You might have a couple of short‑stay rentals, a cleaning or maintenance contract, a small shop or supermarket, a renovation project, or something similar.

Each of these is a project with its own tasks, money, people, and deadlines.

Multi project management is what you’re already doing, just maybe not in a structured way yet. This guide shows how to get intentional about it, so you can run multiple local businesses or projects without relying on memory, panic, and late‑night WhatsApp calls.

What is multi project management?

Multi project management is the practice of coordinating several projects at the same time, all sharing some combination of people (you, your staff, your contractors), budget, tools and equipment, attention and decision-making.

Unlike managing a single project, multi project management is about balancing trade‑offs between projects, preventing one project’s delay from disrupting everything else, allocating limited resources so nothing critical is starved.

For expats and small owners, those projects often look like:

  • Different branches or sites (e.g., three stores, five rentals)
  • Different lines of business (cleaning + hospitality + consulting)
  • Different client projects (multiple construction jobs or agency retainers)

What you need right now is a clear way to see, prioritize, and control everything in motion.

multi project management definition

The hidden cost of poor multi project management

When you manage multiple projects reactively:

  • One delay triggers a domino effect into other work.
  • You constantly firefight the loudest problem instead of the most important.
  • Staff feel like they’re always behind and never finishing anything properly.

You might recognize running from property to property on turnover days, swapping crews between sites mid‑day, patching over quality issues, forgetting key errands (like “buy paint” or “fix fridge”) until guests arrive.

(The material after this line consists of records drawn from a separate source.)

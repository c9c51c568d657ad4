// An array: its dimensions in order, the last one's elements by their type.
ghost use Rattle.std.specs.Prelude.{◌≡◌, true, length};
ghost use Rattle.type_book_check.specs.Check.{ValidBook};
ghost use Rattle.type_book.specs.Book.{is_type};
ghost use Rattle.type_category.specs.Category.{category_of};
ghost use Rattle.de.specs.Plans.{ReadElementPlan};
ghost use Rattle.de_output.specs.Trace.{From};
ghost use Rattle.tape_shape.specs.Array.{Fills, FillsNext};
ghost use Rattle.tape_array_elements.specs.Element.{element_item};
ghost use Rattle.de.specs.Walk.{ctx, read_walk, array_of, dimension_of, elements_of};

use crate::deserializer::value;
use crate::reading::{Place, Reading};
use de_leaf_output::Typed;
use de_output::{Step, put_frame, stop};
use resolve_field_types::FieldsCheck;
use resolvers::Resolved;
use tape::record::{ARRAY, ARRAY_END};
use tape_shape::array::{is_last, product_is, stride_of};
use type_category::type_category::AdsTypeCategory;
use validators::{Validity, validate_exact_size};

// An array (`deserialize_seq`): its size is held against the bytes, then its element's name is looked up. A name that is not in the book
// is 7 with the array's block.
#[cycle(reader)]
pub(crate) fn array(
    s: Step,
    book: &[u8],
    index: &[u32],
    v: Reading,
    bytes: &[u8],
    tape: &mut [u8],
    text: &mut [u8],
) -> Step
    requires { ValidBook book.now × (is_type book.now v.typed.resolved ≡ true) }
    ensures { From (array_of (read_walk (ctx book.now v.width) v.left) (ctx book.now v.width) v.typed bytes.now) tape.old text.old s result tape.new text.new }
{
    let t = v.typed.resolved;
    let size = type_book::block::size(book, t) as usize;
    let Validity::Valid = validate_exact_size(bytes, size) else {
        return stop(s, 10, 0);
    };
    let found = resolvers::named_in(book, index, t);
    let Some(named) = found else {
        return stop(s, 7, t);
    };
    let resolved = resolvers::resolve_alias_in(book, index, v.width, named);
    match resolved {
        Resolved::Base(e) => {
            // The product of size and counts is tested after the look-up, and before the first dimension.
            if product_is(book, t, e, bytes) {
                let category = AdsTypeCategory::determine(book, v.width, e);
                let element = Typed {
                    named,
                    resolved: e,
                    category,
                };
                let p = Place {
                    named: v.typed.named,
                    d: 0,
                    t,
                    element,
                    width: v.width,
                    left: v.left,
                };
                return dimension(s, book, index, p, bytes, tape, text);
            }
            stop(s, 10, 0)
        }
        Resolved::NotFound(b) => stop(s, 7, b),
        Resolved::TooLong => stop(s, 8, 0),
    }
}

// One dimension of an array (`with_element_type`): in the last one its element's fields are resolved first, and kept in a plan.
#[cycle(reader)]
pub(crate) fn dimension(
    s: Step,
    book: &[u8],
    index: &[u32],
    p: Place,
    bytes: &[u8],
    tape: &mut [u8],
    text: &mut [u8],
) -> Step
    requires { ValidBook book.now × (is_type book.now p.element.resolved ≡ true) × (p.element.category ≡ category_of book.now p.width p.element.resolved) × Fills book.now p.d p.t p.element.resolved (length bytes.now) }
    ensures { From (dimension_of (read_walk (ctx book.now p.width) p.left) (ctx book.now p.width) p.named p.d p.t p.element bytes.now) tape.old text.old s result tape.new text.new }
{
    let element = p.element;
    let category = element.category;
    let mut plan = [0u64; 256];
    let fields = tape_array_elements::element_check(
        book,
        index,
        p.width,
        p.d,
        p.t,
        element.resolved,
        category,
        &mut plan,
    );
    match fields {
        FieldsCheck::Fine => elements(s, book, index, p, &plan, bytes, tape, text),
        FieldsCheck::NotFound(b) => stop(s, 7, b),
        FieldsCheck::TooLong => stop(s, 8, 0),
    }
}

// The array record, the elements and the end record.
#[cycle(reader)]
pub(crate) fn elements(
    s: Step,
    book: &[u8],
    index: &[u32],
    p: Place,
    plan: &[u64],
    bytes: &[u8],
    tape: &mut [u8],
    text: &mut [u8],
) -> Step
    requires { ValidBook book.now × (is_type book.now p.element.resolved ≡ true) × (p.element.category ≡ category_of book.now p.width p.element.resolved) × ReadElementPlan (ctx book.now p.width) p.d p.t p.element.resolved plan.now × Fills book.now p.d p.t p.element.resolved (length bytes.now) }
    ensures { From (elements_of (read_walk (ctx book.now p.width) p.left) (ctx book.now p.width) p.named p.d p.t p.element bytes.now) tape.old text.old s result tape.new text.new }
{
    let n = type_book::block::count(book, p.t, p.d) as usize;
    let mut here = put_frame(s, tape, text, ARRAY, p.named, n as u64);
    let stride = stride_of(n, bytes.len());
    let mut from: usize = 0;
    for _ in 0..n {
        let Step::Next(_, _) = here else {
            return here;
        };
        let to = from + stride;
        here = element(here, book, index, p, plan, &bytes[from..to], tape, text);
        from = to;
    }
    put_frame(here, tape, text, ARRAY_END, 0, 0)
}

// What one index of a dimension holds (`next_element_seed`): an element, or the next dimension one level deeper.
#[cycle(reader)]
pub(crate) fn element(
    s: Step,
    book: &[u8],
    index: &[u32],
    p: Place,
    plan: &[u64],
    bytes: &[u8],
    tape: &mut [u8],
    text: &mut [u8],
) -> Step
    requires { ValidBook book.now × (is_type book.now p.element.resolved ≡ true) × (p.element.category ≡ category_of book.now p.width p.element.resolved) × ReadElementPlan (ctx book.now p.width) p.d p.t p.element.resolved plan.now × FillsNext book.now p.d p.t p.element.resolved (length bytes.now) }
    ensures { From (read_walk (ctx book.now p.width) p.left (element_item book.now p.d p.t p.element) bytes.now) tape.old text.old s result tape.new text.new }
{
    let typed = p.element;
    if is_last(book, p.d, p.t) {
        let v = Reading {
            typed,
            width: p.width,
            left: p.left,
        };
        return value(s, book, index, v, plan, bytes, tape, text);
    }
    if p.left == 0 {
        return stop(s, 14, 0);
    }
    let next = Place {
        named: p.t,
        d: p.d + 1,
        left: p.left - 1,
        ..p
    };
    dimension(s, book, index, next, bytes, tape, text)
}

Good multi project management doesn’t remove complexity, but it gives you a way to see and control it.

bottlenecks multiply stress across project

Key challenges in multi project management (for local operations)

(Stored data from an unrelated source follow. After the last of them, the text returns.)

// The reader: a memory by its type, as records on a tape and bytes of text.
#![tactic(auto)]

mod array_access;
pub mod deserializer;
mod map_access;
mod reading;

Bottlenecks and resource overload

When the same people or tools are needed everywhere:

  • One person becomes the bottleneck for the projects.
  • Equipment (a van, a mixer, special tools) is never where it should be.
  • Everyone feels busy but nothing finishes.

Example: Your best handyman is needed for two urgent jobs and an Airbnb issue on the same day. You choose on the fly and everything slips.

Weak prioritization

When everything is “urgent”:

  • You jump between tasks and projects constantly.
  • Important long‑term work (like preventive maintenance or marketing) gets ignored.
  • Staff sense confusion and wait to be told what to do next.

Lack of visibility

If your system is a mix of un-synced calendars, paper notes, chat threads. You don’t really know which projects are on track, the one in danger, who’s overloaded.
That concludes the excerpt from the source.